# LED Lighting



## LoRyder (Sep 15, 2010)

This is just an idea..

I was reading about LED lighting.. in a DIY LED project could you use LED's from radio shack or need special ones found only???

Has anyone thought of doing this or had done this???


----------



## Malawi_Junkie (Nov 26, 2009)

I used blue LED's from RS for moonlighting, wired them in series with resistors to an old cell phone charger. They work great, I built 3 of them before I found cold cathode lights for cheap and they're way brighter.


----------



## rdaled (Dec 9, 2007)

Malawi_Junkie said:


> I found cold cathode lights for cheap and they're way brighter.


Link???


----------



## Jamey (Jul 19, 2008)

I'm wondering if I can use a string of christmas LED lights and 100 holes in some plastic, sealed up with silicone...


----------



## Malawi_Junkie (Nov 26, 2009)

Here's the link
http://www.xoxide.com/coldcathodes.html


----------



## jounderw (Nov 2, 2010)

I have LED lighting in my tank but had a friend install it that knew what he was doing. It would have been helpful to have the above link and tutorial. Thanks for that and hope everyone's LED lighting is looking great!!


----------



## Roger95 (Oct 31, 2010)

Jamey said:


> I'm wondering if I can use a string of christmas LED lights and 100 holes in some plastic, sealed up with silicone...

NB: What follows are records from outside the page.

// A controller laid down in an image, field by field.
ghost use Rattle.std.specs.Prelude.{true, ◌≡◌, ◌+◌, ◌%◌, ◌≤◌};
ghost use Rattle.std.proofs.lemmas.List.Edits.{sets};
ghost use Rattle.controller.specs.Refusals.{well_formed};
ghost use Rattle.transfer.specs.Constants.{expansion_limit};
ghost use Rattle.image.specs.Radix.{parted};
ghost use Rattle.controller.specs.Inner.{InRangeDma};
ghost use Rattle.image.specs.Fields.{laid, radices};
ghost use Rattle.image.specs.Layout.{flag_bits, flags_of, image_size, kind, more_number, option_bits, pack_image, place_of, remaining_number, size_code, transfer_numbers};
ghost use Rattle.image.specs.Inner.{fitted, transfer_part};

use crate::layout::{
    DELAY, FLAGS, GRANTED_CYCLES, IMAGE_BYTES, LATCH, MORE_FLAGS, OPTIONS, PHASE, REGISTERS,
    REMAINING, SHADOW_C64, SHADOW_EXPANSION, SHADOW_LENGTH, TRANSFER, TRANSFER_C64,
    TRANSFER_EXPANSION, TYPE,
};
use controller::Reu;
use transfer::{
    C64Address, DmaState, ExpansionAddress, FULL_64K_TRANSFER_LENGTH, SwapPhase, TransferType,
};

// ---- the bytes of a field from its place on, the low byte of a number first. How many they are says where it ends, and that has to be
// within the image. A type of places would be no plainer: it would carry the width with it, and the code has the width as N.
#[inline(always)]
pub(crate) fn put<const N: usize>(out: &mut [u8; IMAGE_BYTES], place: usize, bytes: [u8; N])
    requires { place + N ≤ image_size }
    ensures { out.new ≡ sets out.old place bytes.entry }
{
    out[place..place + N].copy_from_slice(&bytes);
}

// An address in the expansion has three bytes, and of a number that is larger these are the low ones.
pub(crate) fn three(address: u32) -> [u8; 3]
    ensures { result ≡ parted (radices 3) (address % expansion_limit) }
{
    let [low, middle, high, _] = address.to_le_bytes();
    [low, middle, high]
}

// Two bytes of 0 mean 65,536.
pub(crate) fn remaining(left: u32) -> [u8; 2]
    ensures { result ≡ parted (radices 2) (remaining_number left) }
{
    let [low, high, _, _] = (left % FULL_64K_TRANSFER_LENGTH).to_le_bytes();
    [low, high]
}

// ---- numbers of what is no number: those that a saved image has

// Each flag stands beside its bit. A fold over a list of flags would leave the bits to be counted.

#[tactic(auto, using(crate::proofs::Flags::byte_is_bit))]
#[inline(always)]
pub(crate) fn flags(r: Reu) -> u8
    ensures { result ≡ flags_of (flag_bits r) }
{
    u8::from(r.enabled)
        + 2 * u8::from(r.irq_pending)
        + 4 * u8::from(r.attached)
        + 8 * u8::from(r.waiting_ff00)
        + 16 * u8::from(r.ba_was_high)
        + 32 * u8::from(r.recall_repeat)
        + 64 * u8::from(r.terminal_swap_write)
        + 128 * u8::from(r.late_ba_fall)
}

// 512, 256 or 128 KiB, by the number that a saved image has for it.
fn size_code(size: u32) -> u8
    ensures value { result ≡ size_code size }
    ensures upper_bound { result ≤ 2 }
{
    match size {
        524_288 => 0,
        262_144 => 1,
        _ => 2,
    }
}

fn more_flags(r: Reu) -> u8
    ensures { result ≡ more_number r }
{
    u8::from(r.swap_refresh) + 2 * u8::from(r.swap_release_pending) + 4 * size_code(r.size)
}

#[inline(always)]
fn options(d: DmaState) -> u8
    ensures { result ≡ flags_of (option_bits d) }
{
    u8::from(d.fix_c64)
        + 2 * u8::from(d.fix_reu)
        + 4 * u8::from(d.autoload)
        + 8 * u8::from(d.first_byte)
        + 16 * u8::from(d.read_clock_odd)
        + 32 * u8::from(d.verify_tail)
}

// Without a transfer its fields are 0: those of this one are.
const ZEROS: DmaState = DmaState {
    transfer_type: TransferType::Store,
    swap_phase: SwapPhase::ReadC64,
    c64_addr: C64Address(0),
    reu_addr: ExpansionAddress(0),
    remaining: 0,
    fix_c64: false,
    fix_reu: false,
    autoload: false,
    latch: 0,
    first_byte: false,
    read_clock_odd: false,
    verify_tail: false,
};

fn transfer_of(m: Option<DmaState>) -> DmaState
    requires { InRangeDma m }
    ensures { transfer_numbers (Some (fitted result)) ≡ transfer_numbers m }
{
    m.unwrap_or(ZEROS)
}

// ---- the fields at their places
#[inline(always)]
pub(crate) fn put_transfer(out: &mut [u8; IMAGE_BYTES], d: DmaState)
    ensures { out.new ≡ sets out.old (place_of kind) (laid transfer_part (transfer_numbers (Some (fitted d)))) }
{
    put(out, TYPE, [u8::from(d.transfer_type)]);
    put(out, PHASE, [u8::from(d.swap_phase == SwapPhase::WriteC64)]);
    put(out, TRANSFER_C64, d.c64_addr.0.to_le_bytes());
    put(out, TRANSFER_EXPANSION, three(d.reu_addr.0));
    put(out, REMAINING, remaining(d.remaining));
    put(out, LATCH, [d.latch]);
    put(out, OPTIONS, [options(d)]);
}

// The image of a controller that opening would accept: a number that is too large would not fit its bytes.
pub(crate) fn pack(out: &mut [u8; IMAGE_BYTES], reu: Reu)
    requires { well_formed reu ≡ true }
    ensures { out.new ≡ pack_image reu }
{
    put(out, REGISTERS, reu.regs);
    put(out, SHADOW_C64, reu.shadow_c64_addr.to_le_bytes());
    put(out, SHADOW_EXPANSION, three(reu.shadow_reu_addr));
    put(out, SHADOW_LENGTH, reu.shadow_len.to_le_bytes());
    put(out, FLAGS, [flags(reu)]);
    put(out, MORE_FLAGS, [more_flags(reu)]);
    put(out, DELAY, [reu.swap_read_delay]);
    put(out, TRANSFER, [u8::from(reu.dma.is_some())]);
    put_transfer(out, transfer_of(reu.dma));
    put(out, GRANTED_CYCLES, reu.granted_cycles.to_le_bytes());
}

Thats what I've been using for two years now. Works great and real cheap.


----------



## Jamey (Jul 19, 2008)

awesome! already bought the stuff, now to find the time to finish it!


----------



## LoRyder (Sep 15, 2010)

How about flex led for cars. I have 2 1 foot pieces. There water resistant super bright smd chip led's I pick it up from advance auto parts. If this would work and one know how I can hooks these up?? I'm good wiring cars but home electric is another story lol. Tags says 12v D capable of 10 amps.


----------



## Jamey (Jul 19, 2008)

they'd be set up for DC current, you'd have to get a converter, like those little box things you get on the ends of printers that dropped the 110v to 12v if I'm not mistaken but I don't know a whole lot about car stuff so don't quote me. I bet if you go to radio shack they'd point you at the right stuff.


----------



## LoRyder (Sep 15, 2010)

Ill be near one tomorrow ill stop by and see what they say. but these should probally work???


----------



## Jamey (Jul 19, 2008)

the color will decide whether they will grow algae in your tank or not, but if you aren't trying to keep live fish, I can't see why not! Hook them up to your car and hold em over a bucket of water, see how well they penetrate, or if the penetration is splotchy... that's the biggest thing I've heard with LEDs is that they're very "directional" so you don't get the same all over coverage and smooth lighting that a full length tube offers. You should be able to tell by holding them over just a sheet of paper how patchy the light is or isn't.


----------



## LoRyder (Sep 15, 2010)

Lucky enough that they where still in the package and had a button to try them turn out the light and turn the leds (blue leds) on and they lit up the tank nicely. Maybe mix with a white might get a nice color. Nothing better to due my truck is down and don't know when I can fix it.


----------



## Jamey (Jul 19, 2008)

so I put together my hood with LED christmas lights this weekend... I have pics I have to get off my phone that I'll post later, but I just wanted to give an update...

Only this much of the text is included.